Temperature-dependent magnetodielectric, magnetoimpedance, and magnetic field controlled dielectric relaxation response in KBiFe2O5

•KBiFe2O5 (KBFO) is prepared via a solid-state reaction route and crystallizes in the monoclinic phase (P2/c).•The observed magnetodielectric (MD) coupling suggests that Inverse Dzyaloshinskii-Moriya interaction could be the origin.•The maximum MD and magnetoimpedance (MI) couplings measured at room temperature are −0.6% and 0.7%, respectively.•The capacitive MI effect suggests that the observed MD in KBFO is intrinsic.

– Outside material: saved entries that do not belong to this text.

//! What holds of locks. The functions do nothing: their contracts are the laws.
ghost use Rattle.std.specs.{Prelude.{◌≡◌, ℕ, true, false, IsTrue, List, Option, Some, None}, FinMap.{get, empty, insert, remove}, List.list_any};
ghost use Rattle.svnpath.specs.Paths.{PathValue, same_path};
ghost use Rattle.repo_api.specs.{Accepted.{Accepted, changed_all}, Commits.commit_refusal, LockRuns.{HaveNewTokens, HaveOwnTokens, names_lock}};
ghost use Rattle.repo_api.specs.Locking.{after_release, check_refusal, HandedTokens, is_handed_in, is_in_the_way, released, releases};
ghost use Rattle.repo_api.specs.{States.{ChangeMap, LockMap, RepoState, TxnState}, declared.lock.Lock.Lock, declared.ask.CommitAsk.CommitAsk};

/// Shows that, where no lock refuses a commit, each lock in its way is its user's, and its token was handed in.
pub fn locks_in_the_way_are_held()
    ensures { (locks : LockMap) (changes : ChangeMap) (user : Option (List ℕ))
        (tokens : HandedTokens)
        → check_refusal locks changes user tokens ≡ None → (p : PathValue) (l : Lock)
        → get locks p ≡ Some l → is_in_the_way changes p ≡ true
        → (user ≡ Some l.owner) × IsTrue (is_handed_in tokens l.token) }
{}

/// Shows that a lock, an unlock and a release leave the locks at paths that they do not name as they were.
pub fn other_locks_stay()
    ensures locks { (locks : LockMap) (p q : PathValue) (l : Lock) → same_path p q ≡ false
        → get (insert locks p l) q ≡ get locks q }
    ensures unlocks { (locks : LockMap) (p q : PathValue) → same_path p q ≡ false
        → get (remove locks p) q ≡ get locks q }
    ensures releases { (locks : LockMap) (user : Option (List ℕ)) (tokens : HandedTokens)
        (q : PathValue)
        → list_any (λ t. same_path t.0 q) tokens ≡ false
        → get (after_release user tokens locks) q ≡ get locks q }
{}

/// Shows that a release that takes no lock changes nothing.
pub fn a_release_of_none_changes_nothing()
    ensures asked { (locks : LockMap) (user : Option (List ℕ)) (tokens : HandedTokens)
        → releases user tokens locks ≡ false → after_release user tokens locks ≡ locks }
    ensures taken { (locks : LockMap) (user : Option (List ℕ)) (tokens : HandedTokens)
        → released user tokens locks ≡ empty → after_release user tokens locks ≡ locks }
{}

/// Shows that each lock in the way of an accepted commit is its user's, and its token was handed in.
pub fn accepted_commits_hold_locks()
    ensures { (c : RepoState) (ask : CommitAsk) (t : TxnState) → commit_refusal c ask t ≡ None
        → (p : PathValue) (l : Lock) → get c.locks p ≡ Some l → is_in_the_way t.changes p ≡ true
        → (ask.author ≡ Some l.owner) × IsTrue (is_handed_in ask.tokens l.token) }
{}

/// Shows that what stands at a path that no change names as its lock's stays through changes, whatever they are.
pub fn unnamed_locks_stay()
    ensures { (c : RepoState) (changes : List Accepted) (p : PathValue)
        → list_any (λ e. names_lock e p) changes ≡ false
        → get (changed_all c changes).locks p ≡ get c.locks p }
{}

/// Shows that, where no two locks have one token, and each new lock has a token that none has then, no two locks come
/// to have one.
pub fn tokens_stay_distinct()
    ensures { (c : RepoState) (changes : List Accepted) → HaveOwnTokens c.locks
        → HaveNewTokens c changes → HaveOwnTokens (changed_all c changes).locks }
{}
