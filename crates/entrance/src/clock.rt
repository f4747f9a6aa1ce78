//! A clock that never goes back.

use std::time::Clock;

/// Gives the moment in milliseconds since an arbitrary one, and 0 where the clock fails.
pub fn millis_now<C: Clock>(clock: &C) -> u64 {
    match clock.monotonic() {
        Ok(time) => u64::try_from(time.as_millis()).unwrap_or(u64::MAX),
        Err(_) => 0,
    }
}
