//! Connections as they come: each becomes a session, waits for a place, or is turned away; and what is known of those that have
//! places.
#![tactic(auto)]

mod accepting;
mod clients;
mod clock;
mod door;
mod events;
mod limits;
mod notes;
mod peer;
mod refusing;
mod registry;
mod tunnel;
mod visitor;

pub use accepting::{Entrance, Halts, MAX_WAITING, take_all};
pub use clients::{Client, ClientInput, ClientOutput, ClientVisit};
pub use clock::millis_now;
pub use door::{Door, Heard, Pool, ReadOnce, Readings, Street};
pub use events::Event;
pub use limits::too_few_files;
pub use peer::Peer;
pub use registry::Registry;
pub use tunnel::Tunnel;
pub use visitor::Visitor;
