//! Clients that are turned away.
ghost use Rattle.std.specs.Prelude.{◌≡◌, ◌∷◌, [], IfOk, None};
ghost use Rattle.wire_replies.specs.{Replies.print, declared.reply.Reply.TheVariants.Failure};

use refusals::Refusal;
use std::alloc::{AllocError, Global};
use std::io::{Read, Write};
use std::net::{Shutdown, TcpStream};
use wire_replies::{MemorySink, tell_refusal};

/// Makes the bytes by which a client is told why it is not served.
fn refusal_bytes(alloc: Global, refusal: Refusal) -> Result<Vec<u8>, AllocError>
    ensures { IfOk result (λ bytes. bytes.items ≡ print (Failure refusal None ∷ [])) }
{
    let mut output = MemorySink::new(alloc);
    tell_refusal(refusal, &mut output)?;
    Ok(output.into_bytes())
}

/// Ends a connection. What has come is read once: where a connection is closed before, the client may not get what it
/// was sent.
fn end(stream: &TcpStream) {
    let _ = stream.shutdown(Shutdown::Write);
    let _ = stream.set_nonblocking(true);
    let mut came = [0; 4096];
    let mut input = stream;
    let _ = input.read(&mut came);
}

/// Tells a client why it is not served, and ends the connection. Nothing waits for the client: what it does not take at once is
/// lost.
pub(crate) fn turn_away(
    alloc: Global,
    stream: &TcpStream,
    refusal: Refusal,
) -> Result<(), AllocError> {
    let bytes = refusal_bytes(alloc, refusal)?;
    let _ = stream.set_nonblocking(true);
    let mut output = stream;
    // a client that is gone already is told nothing
    let _ = output.write_all(bytes.as_slice());
    end(stream);
    Ok(())
}
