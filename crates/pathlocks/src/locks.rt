//! The locks of a repository.
ghost use Rattle.std.specs.Prelude.{◌≡◌, ◌+◌, length, IfOk, IfErr, OnOk, OnErr, Some, None, map, option_copied, option_map};
ghost use Rattle.std.specs.{FinMap.{get, empty, len, insert, remove, from_entries}, Map.Iter.deref_pair};
ghost use Rattle.svnpath.specs.Listings.{listing};
ghost use Rattle.repo_api.specs.{Accepted.{Becomes, IsJudged}, Locking.{after_release, at_or_under, check_refusal, in_the_way, is_held, lock_of}};
ghost use Rattle.repo_api.specs.Locking.{lock_refusal_at, refusing_path, released, releases, taking_refusal};

use crate::finding::{append_in_the_way, append_under};
use crate::refusing::{
    copied, entry_refusal, first_refusal, first_refusing, is_held, lock_of, place_refusal,
    taking_refusal, token_set, user_refusal,
};
use byte_string::ByteString;
use refusals::Refusal;
use repo_api::{Change, ChangeFault, Lock, LockAsk, NodeKind, UnlockAsk};
use std::alloc::{AllocError, Global};
use std::collections::BTreeMap;
use std::marker::Model;
use svnpath::{Path, sort_by_text};

/// The locks of a repository, by their paths. A call that is refused, or that lacks memory, changes
/// nothing.
pub struct Locks {
    locks: BTreeMap<Path, Lock>,
}

impl Drop for Locks {
    fn drop(self) {
        let Locks { locks: _ } = self;
    }
}

impl Model for Locks {
    ghost use Rattle.std.specs.{Coded.codes, FinMap.{from_entries, code as map_code}};
    ghost use Rattle.repo_api.specs.States.{LockMap};

    ghost Value = { LockMap };

    ghost coded = { Prim.hlevel (map_code, codes) };

    ghost view = { λ l. from_entries l.locks.entries };
}

impl Locks {
    /// Makes an empty map of locks.
    pub fn new(alloc: Global) -> Self
        ensures { result ≡ empty }
    {
        Locks {
            locks: BTreeMap::new(alloc),
        }
    }

    /// Finds the lock at the path.
    #[tactic(auto, using(repo_api::specs::StateLaws::get_path))]
    pub fn get(&self, path: &Path) -> Option<&Lock>
        ensures { option_copied result ≡ get self.now path.now }
    {
        self.locks.get(path)
    }

    /// Finds the locks at the path and under it, by the bytes of their paths.
    pub fn at_or_under(&self, alloc: Global, path: &Path) -> Result<Vec<(&Path, &Lock)>, AllocError>
        ensures { IfOk result (λ found. map deref_pair found.items
            ≡ at_or_under self.now path.now) }
    {
        let mut found = Vec::new(alloc);
        append_under(&self.locks, path, &mut found)?;
        listed(found)
    }

    /// Finds the locks in the way of the changes, by the bytes of their paths: each that stands at a changed path, or
    /// beneath one that was added, deleted or replaced. It takes the longer the more changes there are and the more
    /// locks are found, whatever other locks exist.
    pub fn in_the_way(
        &self,
        alloc: Global,
        changes: &BTreeMap<Path, Change>,
    ) -> Result<Vec<(&Path, &Lock)>, AllocError>
        ensures { IfOk result (λ found. map deref_pair found.items
            ≡ in_the_way self.now (from_entries changes.now.entries)) }
    {
        let mut found = Vec::new(alloc);
        append_in_the_way(&self.locks, changes, &mut found)?;
        listed(found)
    }

    /// Checks that the locks let a commit of the changes pass, by this user and with these paths and tokens handed in.
    /// Each lock in the way has to be the user's, and its token handed in, under any path.
    ///
    /// # Errors
    ///
    /// What the first lock in the way that refuses, by the bytes of its path, says: `NoUser`,
    /// `NotTheLockOwner` or `BadLockToken`; `NoMemory`.
    pub fn check(
        &self,
        alloc: Global,
        changes: &BTreeMap<Path, Change>,
        user: Option<&ByteString>,
        tokens: &[(Path, ByteString)],
    ) -> Result<(), ChangeFault>
        ensures { IsJudged result (check_refusal self.now (from_entries changes.now.entries)
            (option_copied user.entry) tokens.now) }
    {
        let found = self.in_the_way(alloc, changes)?;
        let handed_in = token_set(alloc, tokens)?;
        match first_refusal(found.as_slice(), user, &handed_in) {
            Some(refusal) => Err(ChangeFault::Refused(refusal)),
            None => Ok(()),
        }
    }

    /// Finds the path of the lock that refuses a commit of the changes, by this user and with these paths and tokens
    /// handed in: the first in the way that refuses, by the bytes of its path, whose refusal `check` answers.
    pub fn refusing_path(
        &self,
        alloc: Global,
        changes: &BTreeMap<Path, Change>,
        user: Option<&ByteString>,
        tokens: &[(Path, ByteString)],
    ) -> Result<Option<Path>, AllocError>
        ensures { IfOk result (λ path. path ≡ refusing_path self.now (from_entries changes.now.entries)
            (option_copied user.entry) tokens.now) }
    {
        let found = self.in_the_way(alloc, changes)?;
        let handed_in = token_set(alloc, tokens)?;
        copied(first_refusing(found.as_slice(), user, &handed_in))
    }

    /// Locks the path, in place of the lock that stands there if that may be stolen. What stands at the
    /// path in the youngest revision, and the revision of its last change, are for the caller to say.
    ///
    /// # Errors
    ///
    /// `NoUser`; then `NotFound` or `NotAFile` where no file stands, and `LockOutOfDate` where the client
    /// has seen it before its last change; then `AlreadyLocked` where a lock stands that may not be
    /// stolen, and `NotSupported` where none stands and `LOCK_LIMIT` others do; `NoMemory`.
    pub fn lock(
        &mut self,
        alloc: Global,
        kind: NodeKind,
        created: Option<u64>,
        ask: LockAsk,
    ) -> Result<(), ChangeFault>
        ensures { Becomes result (lock_refusal_at kind created self.old ask) self.old
            (insert self.old ask.path (lock_of ask)) self.new }
    {
        if let Some(refusal) = self.lock_refusal(kind, created, &ask) {
            std::mem::drop(ask);
            return Err(ChangeFault::Refused(refusal));
        }
        let (path, lock) = lock_of(alloc, ask);
        self.put(path, lock)?;
        Ok(())
    }

    /// Takes the lock at the path away. Who breaks it need not hold it. It takes no memory.
    ///
    /// # Errors
    ///
    /// `NoSuchLock`; then, unless it is broken, `NoUser`, `NotTheLockOwner` or `BadLockToken`.
    pub fn unlock(&mut self, ask: &UnlockAsk) -> Result<(), Refusal>
        ensures accepted { OnOk result (taking_refusal ask.now (get self.old ask.now.path) ≡ None) }
        ensures ok { OnOk result (self.new ≡ remove self.old ask.now.path) }
        ensures refused { IfErr result (λ r. taking_refusal ask.now (get self.old ask.now.path)
            ≡ Some r) }
        ensures err { OnErr result (self.new ≡ self.old) }
    {
        if let Some(refusal) = taking_refusal(ask, self.get(&ask.path)) {
            return Err(refusal);
        }
        self.take(&ask.path);
        Ok(())
    }

    /// Says whether a release by the user, with these paths and tokens handed in, takes some lock. It costs one look
    /// for each pair, whatever other locks exist.
    pub fn releases(&self, user: Option<&ByteString>, tokens: &[(Path, ByteString)]) -> bool
        ensures { result ≡ releases (option_copied user.entry) tokens.now self.now }
    {
        tokens.iter().any(|pair| self.holds(user, pair))
    }

    /// Says whether the lock at the path is the user's and has the token.
    fn holds(&self, user: Option<&ByteString>, pair: &(Path, ByteString)) -> bool
        ensures { result ≡ is_held (option_copied user.entry) pair.now.1 (get self.now pair.now.0) }
    {
        is_held(user, &pair.1, self.get(&pair.0))
    }

    /// Releases the locks that are the user's and were handed in, each by its path and its token, and
    /// answers them with their paths. A lock that was stolen since then stays. It takes what memory it
    /// needs before it releases any.
    pub fn release(
        &mut self,
        alloc: Global,
        user: Option<&ByteString>,
        tokens: &[(Path, ByteString)],
    ) -> Result<Vec<(Path, Lock)>, AllocError>
        ensures which { IfOk result (λ locks.
            from_entries locks.items ≡ released (option_copied user.entry) tokens.now self.old) }
        ensures ok { OnOk result
            (self.new ≡ after_release (option_copied user.entry) tokens.now self.old) }
        ensures count { IfOk result (λ locks. length locks.items + len self.new ≡ len self.old) }
        ensures err { OnErr result (self.new ≡ self.old) }
    {
        let mut taken = Vec::with_capacity(alloc, tokens.len())?;
        for pair in tokens {
            if is_held(user, &pair.1, self.get(&pair.0)) {
                if let Some(entry) = self.take(&pair.0) {
                    taken.push(entry)?;
                }
            }
        }
        Ok(taken)
    }

    /// Says why a lock is refused where there is an entry of this kind, last changed at this revision.
    fn lock_refusal(&self, kind: NodeKind, created: Option<u64>, ask: &LockAsk) -> Option<Refusal>
        ensures { result ≡ lock_refusal_at kind created self.now ask.now }
    {
        let place = place_refusal(ask.steals, self.get(&ask.path), self.count());
        let entry = entry_refusal(ask.current, kind, created);
        user_refusal(ask.user.as_ref()).or(entry.or(place))
    }

    /// Counts the locks.
    fn count(&self) -> usize
        ensures { result ≡ len self.now }
    {
        self.locks.len()
    }

    /// Puts the lock at the path, over what stood there, and whatever refuses a lock.
    pub fn put(&mut self, path: Path, lock: Lock) -> Result<(), AllocError>
        ensures ok { OnOk result (self.new ≡ insert self.old path lock) }
        ensures err { OnErr result (self.new ≡ self.old) }
    {
        self.locks.insert(path, lock)?;
        Ok(())
    }

    /// Takes out the lock at the path, and answers it with its path.
    fn take(&mut self, path: &Path) -> Option<(Path, Lock)>
        ensures taken { result ≡ option_map (λ l. (path.now, l)) (get self.old path.now) }
        ensures left { self.new ≡ remove self.old path.now }
    {
        self.locks.remove_entry(path)
    }
}

impl Clone for Locks {
    ghost is_clone = { λ locks copy. copy ≡ locks };

    fn clone(&self) -> Result<Self, AllocError> {
        Ok(Locks {
            locks: self.locks.clone()?,
        })
    }
}

/// Sorts the locks by the bytes of their paths.
fn listed<'a>(mut found: Vec<(&'a Path, &'a Lock)>) -> Result<Vec<(&'a Path, &'a Lock)>, AllocError>
    ensures { IfOk result (λ locks. map deref_pair locks.items
        ≡ listing (map deref_pair found.entry.items)) }
{
    sort_by_text(&mut found)?;
    Ok(found)
}
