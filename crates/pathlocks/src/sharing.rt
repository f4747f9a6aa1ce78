//! Changes of locks that views may share. Where a view does, the locks are copied before the first change,
//! and the view keeps what it has seen; else they are changed in place, whatever other locks stand.
ghost use Rattle.std.specs.{Prelude.{◌≡◌, OnOk, OnErr, option_copied}, FinMap.{get, insert, remove}};
ghost use Rattle.repo_api.specs.{Accepted.Becomes, Locking.{after_release, lock_of, lock_refusal_at, taking_refusal}};

use crate::locks::Locks;
use byte_string::ByteString;
use repo_api::{ChangeFault, Lock, LockAsk, LockTokens, NodeKind, UnlockAsk};
use std::alloc::{AllocError, Global};
use std::sync::Arc;
use svnpath::Path;

/// Locks the path that is asked for, at which this stands.
pub fn lock_shared(
    alloc: Global,
    locks: &mut Arc<Locks>,
    kind: NodeKind,
    created: Option<u64>,
    ask: LockAsk,
) -> Result<(), ChangeFault>
    ensures { Becomes result (lock_refusal_at kind created locks.old.value ask) locks.old.value
        (insert locks.old.value ask.path (lock_of ask)) locks.new.value }
{
    match Arc::make_mut(locks) {
        Ok(own) => own.lock(alloc, kind, created, ask),
        Err(error) => {
            std::mem::drop(ask);
            Err(ChangeFault::from(error))
        }
    }
}

/// Takes the lock at the path that is asked for away.
pub fn unlock_shared(locks: &mut Arc<Locks>, ask: &UnlockAsk) -> Result<(), ChangeFault>
    ensures { Becomes result (taking_refusal ask.now (get locks.old.value ask.now.path))
        locks.old.value (remove locks.old.value ask.now.path) locks.new.value }
{
    match Arc::make_mut(locks)?.unlock(ask) {
        Ok(()) => Ok(()),
        Err(refusal) => Err(ChangeFault::Refused(refusal)),
    }
}

/// Releases the locks that are the user's and were handed in.
pub fn release_shared(
    alloc: Global,
    locks: &mut Arc<Locks>,
    user: Option<&ByteString>,
    tokens: &LockTokens,
) -> Result<(), AllocError>
    ensures ok { OnOk result (locks.new.value
        ≡ after_release (option_copied user.entry) tokens.now locks.old.value) }
    ensures err { OnErr result (locks.new.value ≡ locks.old.value) }
{
    let released = Arc::make_mut(locks)?.release(alloc, user, tokens.as_slice())?;
    std::mem::drop(released);
    Ok(())
}

/// Puts the lock at the path, over what stood there.
pub fn put_shared(locks: &mut Arc<Locks>, path: Path, lock: Lock) -> Result<(), AllocError>
    ensures ok { OnOk result (locks.new.value ≡ insert locks.old.value path lock) }
    ensures err { OnErr result (locks.new.value ≡ locks.old.value) }
{
    match Arc::make_mut(locks) {
        Ok(own) => own.put(path, lock),
        Err(error) => {
            std::mem::drop((path, lock));
            Err(error)
        }
    }
}
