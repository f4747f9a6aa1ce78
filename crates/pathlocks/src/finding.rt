//! The locks that changes reach, found run by run in a map that goes by components.
ghost use Rattle.std.specs.{Prelude.{◌≡◌, ◌++◌, OnOk, map, option_copied}, List.filter, List.Sorted.IsStrictlySortedBy, Map.keys_of, Map.Iter.deref_pair};
ghost use Rattle.svnpath.specs.Paths.{is_at_or_under, path_cmp, same_path};
ghost use Rattle.repo_api.specs.Locking.{is_reached, reaches};
ghost use Rattle.pathlocks.specs.Tops.{is_below, top_after};

use repo_api::{Action, Change, Lock};
use small_rules::is_of_whole_tree;
use std::alloc::{AllocError, Global};
use std::collections::BTreeMap;
use svnpath::Path;

/// Appends the locks at the path and under it, which stand side by side in the map.
pub(crate) fn append_under<'a>(
    locks: &'a BTreeMap<Path, Lock>,
    path: &Path,
    found: &mut Vec<(&'a Path, &'a Lock)>,
) -> Result<(), AllocError>
    ensures ok { OnOk result (map deref_pair found.new.items
        ≡ map deref_pair found.old.items ++ filter (λ e. is_at_or_under e.0 path.now) locks.now.entries) }
    ensures ordered { IsStrictlySortedBy path_cmp (keys_of locks.now.entries) }
{
    for (key, lock) in locks.range(path..) {
        if !key.is_at_or_under(path) {
            break;
        }
        found.push((key, lock))?;
    }
    Ok(())
}

/// Appends the lock at the path, if there is one.
fn append_at<'a>(
    locks: &'a BTreeMap<Path, Lock>,
    path: &Path,
    found: &mut Vec<(&'a Path, &'a Lock)>,
) -> Result<(), AllocError>
    ensures { OnOk result (map deref_pair found.new.items
        ≡ map deref_pair found.old.items ++ filter (λ e. same_path path.now e.0) locks.now.entries) }
{
    note_order(locks);
    if let Some(entry) = locks.get_key_value(path) {
        found.push(entry)?;
    }
    Ok(())
}

/// Appends the locks that the change at the path reaches.
fn append_reached<'a>(
    locks: &'a BTreeMap<Path, Lock>,
    path: &Path,
    change: &Change,
    found: &mut Vec<(&'a Path, &'a Lock)>,
) -> Result<(), AllocError>
    ensures { OnOk result (map deref_pair found.new.items
        ≡ map deref_pair found.old.items ++ filter (λ e. reaches (path.now, change.now) e.0) locks.now.entries) }
{
    if is_of_whole_tree(change.action) {
        append_under(locks, path, found)
    } else {
        append_at(locks, path, found)
    }
}

/// Says whether the path is at the other, if there is one, or under it.
fn is_below(above: Option<&Path>, path: &Path) -> bool
    ensures { result ≡ is_below (option_copied above.entry) path.now }
{
    match above {
        None => false,
        Some(above) => path.is_at_or_under(above),
    }
}

/// Appends the locks that the changes reach, in the map's order. What lies under a changed tree was found with it, so a
/// change there finds nothing more.
pub(crate) fn append_in_the_way<'a>(
    locks: &'a BTreeMap<Path, Lock>,
    changes: &BTreeMap<Path, Change>,
    found: &mut Vec<(&'a Path, &'a Lock)>,
) -> Result<(), AllocError>
    ensures ok { OnOk result (map deref_pair found.new.items
        ≡ map deref_pair found.old.items ++ filter (λ e. is_reached changes.now.entries e.0) locks.now.entries) }
    ensures ordered { IsStrictlySortedBy path_cmp (keys_of locks.now.entries) }
    ensures changes_ordered { IsStrictlySortedBy path_cmp (keys_of changes.now.entries) }
{
    note_order(locks);
    note_order(changes);
    let mut top = None;
    for (path, change) in changes {
        if !is_below(top, path) {
            append_reached(locks, path, change, found)?;
            top = new_top(top, path, change.action);
        }
    }
    Ok(())
}

/// Gives the path of the last tree that changed whole, after this change.
fn new_top<'a>(top: Option<&'a Path>, path: &'a Path, action: Action) -> Option<&'a Path>
    ensures { option_copied result ≡ top_after (option_copied top.entry) path.now action }
{
    if is_of_whole_tree(action) {
        Some(path)
    } else {
        top
    }
}

/// Shows that a map's entries are in the order of their paths.
fn note_order<V>(map: &BTreeMap<Path, V>)
    ensures { IsStrictlySortedBy path_cmp (keys_of map.now.entries) }
{
    let _count = map.len();
}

In this work, polycrystalline KBiFe2O5 (KBFO), belonging to the brownmillerite class of monoclinic structure with space group P2/c, is synthesized using a solid-state reaction route. Magnetodielectric (MD) and magnetoimpedance (MI) characteristics of KBFO are studied over a wide temperature (10–300 K), magnetic field (0–1.3 T), and frequency (100 Hz to 1 MHz) range. Zero-field-cool (ZFC) and field-cool (FC) magnetization data show a bifurcation around 11 K, indicating blocking temperature (TB). At room temperature, MD and MI data as a function of the magnetic field shows maximum MD and MI coupling to be ∼−0.6% and ∼0.7%, respectively, at 50 kHz. With the decrease in temperature from 300 K to 50 K, magnetodielectric strength decreases (−0.6% to −0.06%), whereas magnetization increases from canted-antiferromagnetic (MS ≈ 0.16 emu g−1) to a weak ferromagnetic state (MS ≈ 0.44 emu g−1). It indicates the existence of Inverse Dzyaloshinskii-Moriya interaction causing MD coupling in KBFO. MD behavior is also reflected in magnetic field-dependent dielectric relaxation phenomena demonstrated through magnetic field-dependent activation energies. The difference in activation energies of magnetic field-dependent conduction mechanism (Eg ≈ 0.370 ± 0.018 eV) and MD loss relaxation (Eg ≈ 0.183 ± 0.006 eV) indicate both have a different origin. The presence of the capacitive MI effect demonstrates that the observed magnetodielectric coupling is intrinsic. The existence of both temperatures-dependent MD and MI coupling in KBFO makes it suitable for dynamic random access memory as well as novel magnetic sensors.